24 weeks into my pregnancy with my second child, the doctor discovered an irregular heartbeat. She reassured me that there was likely nothing wrong, but wanted us to go back to the maternal fetal medicine doctor for an ultrasound.
The following week at that appointment, the ultrasound discovered there was something wrong with the baby’s heart. The doctor worked quickly to get us an appointment at our local children’s hospital that day. The head of cardiology at the children’s hospital, after several long echocardiograms, told us he thought it looked like an aneurysm on the outside wall of her heart but that he had never seen this in a fetus.
The following day the doctor had learned from colleagues that this can in fact occur, although it is very rare. He wanted to admit me to the hospital and begin arrhythmia medication which would cross the placenta and work on the heart of the baby.
While this aggressive treatment seemed to present options for the baby, it presented risks for me.
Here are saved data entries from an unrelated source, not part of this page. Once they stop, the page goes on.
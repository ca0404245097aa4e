//! Lines that are typed at a prompt.
ghost use Rattle.std.specs.Prelude.{◌≡◌, false};
ghost use Rattle.debug_session.specs.Answers.{session_state};
ghost use Rattle.prompt_words.specs.Refusals.{answer_of, by_code};
ghost use Rattle.debug_session.specs.Prompt as prompt;
ghost use Rattle.debug_session.specs.TypedAnswers as answers;
ghost use Rattle.prompt_words.specs.TypedGrammar.{is_quit};

use crate::dialogue::Dialogue;
use crate::displaying::obey_display;
use crate::said::Said;
use crate::typed_reply::obey_typed;
use debugger::Debugger;
use prompt_words::{
    Extent, Memo, Naming, Refusal, Refused, Request, Typed, is_long, knowing, read_typed, with_code,
};
use window_engine::{Gate, Hands};

/// The last move, once a command was read.
fn last_after(asked: Typed, last: Option<Typed>) -> Option<Typed>
    ensures { result ≡ answers.last_after asked last }
{
    match asked {
        Typed::Go(_) => Some(asked),
        _ => last,
    }
}

/// How far the run is known to go, where it goes on to where a debugger stands.
fn known_after(known: Extent, debugger: &Debugger) -> Extent
    ensures { result ≡ prompt.known_after known (session_state debugger.now) }
{
    Extent {
        upto: known.upto.max(debugger.position()),
        ends: known.ends || debugger.is_at_end(),
    }
}

/// What is in mind, once a command was read.
fn memo_after(asked: Typed, dialogue: &Dialogue) -> Memo
    ensures { result ≡ prompt.memo_after asked (prompt.at_prompt dialogue.now) }
{
    Memo {
        last: last_after(asked, dialogue.memo.last),
        known: known_after(dialogue.memo.known, &dialogue.debugger),
    }
}

/// Does what is asked for. A move is the last one from then on.
#[tactic(none)]
fn obey_at_prompt<H: Hands>(
    hands: &H,
    gate: &Gate,
    dialogue: &mut Dialogue,
    naming: &Naming,
    asked: Typed,
    said: &mut Said,
) -> Result<(), Refusal>
    requires ready { H.ready hands.now }
    ensures obeys { prompt.ObeysAtPrompt naming.now dialogue.old.debugger.start asked (prompt.at_prompt dialogue.old) (prompt.at_prompt dialogue.new) (answer_of result said.new) }
    ensures start { dialogue.new.debugger.start ≡ dialogue.old.debugger.start }
{
    dialogue.memo = memo_after(asked, dialogue);
    let known = dialogue.memo.known;
    obey_typed(
        hands,
        gate,
        &mut dialogue.debugger,
        naming,
        dialogue.displays.as_slice(),
        knowing(known, asked),
        said,
    )
}

/// Does the last move again, where there was one.
#[tactic(none)]
fn move_again<H: Hands>(
    hands: &H,
    gate: &Gate,
    dialogue: &mut Dialogue,
    naming: &Naming,
    said: &mut Said,
) -> Result<(), Refusal>
    requires ready { H.ready hands.now }
    ensures moves { prompt.MovesAgain naming.now dialogue.old.debugger.start dialogue.old.memo.last (prompt.at_prompt dialogue.old) (prompt.at_prompt dialogue.new) (answer_of result said.new) }
    ensures start { dialogue.new.debugger.start ≡ dialogue.old.debugger.start }
{
    match dialogue.memo.last {
        None => {
            said.clear();
            Ok(())
        }
        Some(asked) => obey_at_prompt(hands, gate, dialogue, naming, asked, said),
    }
}

/// Obeys what a line asks for.
#[tactic(none)]
fn obey_request<H: Hands>(
    hands: &H,
    gate: &Gate,
    dialogue: &mut Dialogue,
    naming: &Naming,
    asked: Request,
    said: &mut Said,
) -> Result<(), Refusal>
    requires ready { H.ready hands.now }
    ensures obeys { prompt.ObeysRequest naming.now dialogue.old.debugger.start asked (prompt.at_prompt dialogue.old) (prompt.at_prompt dialogue.new) (answer_of result said.new) }
    ensures start { dialogue.new.debugger.start ≡ dialogue.old.debugger.start }
{
    match asked {
        Request::Command(asked) => obey_at_prompt(hands, gate, dialogue, naming, asked, said),
        Request::Display(asked) => obey_display(dialogue, naming, asked, said),
    }
}

/// Follows what a line says.
#[tactic(none)]
fn follow_typed<'a, H: Hands>(
    hands: &H,
    gate: &Gate,
    dialogue: &mut Dialogue,
    naming: &Naming,
    line: &'a [u8],
    said: &mut Said,
) -> Result<(), Refused<'a>>
    requires ready { H.ready hands.now }
    ensures answers { prompt.AnswersTyped naming.now dialogue.old.debugger.start line.now (prompt.at_prompt dialogue.old) (prompt.at_prompt dialogue.new) (answer_of (by_code result) said.new) }
    ensures start { dialogue.new.debugger.start ≡ dialogue.old.debugger.start }
{
    match read_typed(naming, line) {
        None => with_code(move_again(hands, gate, dialogue, naming, said)),
        Some(Err(why)) => Err(why),
        Some(Ok(asked)) => with_code(obey_request(hands, gate, dialogue, naming, asked, said)),
    }
}

/// Answers a line that doesn't end the session: one that is too long is refused, and what any other
/// says is followed. The moves `run` and `until` go by the debugger's workers. Where the line is refused, nothing is said.
#[tactic(none)]
pub fn answer_typed<'a, H: Hands>(
    hands: &H,
    gate: &Gate,
    dialogue: &mut Dialogue,
    naming: &Naming,
    line: &'a [u8],
    said: &mut Said,
) -> Result<(), Refused<'a>>
    requires ready { H.ready hands.now }
    ensures answers { is_quit line.now ≡ false → prompt.TypedAnswers naming.now dialogue.old.debugger.start line.now (prompt.at_prompt dialogue.old) (prompt.at_prompt dialogue.new) (answer_of (by_code result) said.new) }
    ensures start { dialogue.new.debugger.start ≡ dialogue.old.debugger.start }
{
    if is_long(line) {
        Err(Refused::from(Refusal::B2))
    } else {
        follow_typed(hands, gate, dialogue, naming, line, said)
    }
}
What about my child at home? What if this medicine affected me? The cardiologist was there to treat and try to save the life of the baby. But what about me, where was my care provider? After much of my own research it appeared that the prognosis for this pregnancy was poor. The complications of the aneurysm with the arrhythmia rarely had a good survival rate. With this knowledge I felt I needed to go back to the doctor who was my provider to find a balanced perspective.
Our MFM (maternal fetal medicine) doctor had done much of the same research and did not disagree with our conclusions. She was so patient and supportive and helped provide us with the best information she could so we could make a decision. With the very grey diagnosis and conditions seeming to worsen, we made the heart wrenching choice to ensure this child did not suffer, did not gasp for breath when her lungs may not work, did not have an aneurysm rupture. Our baby was born sleeping at 26.5 weeks. We were lucky to have such a compassionate care team. Their understanding was important in our subsequent pregnancy, too.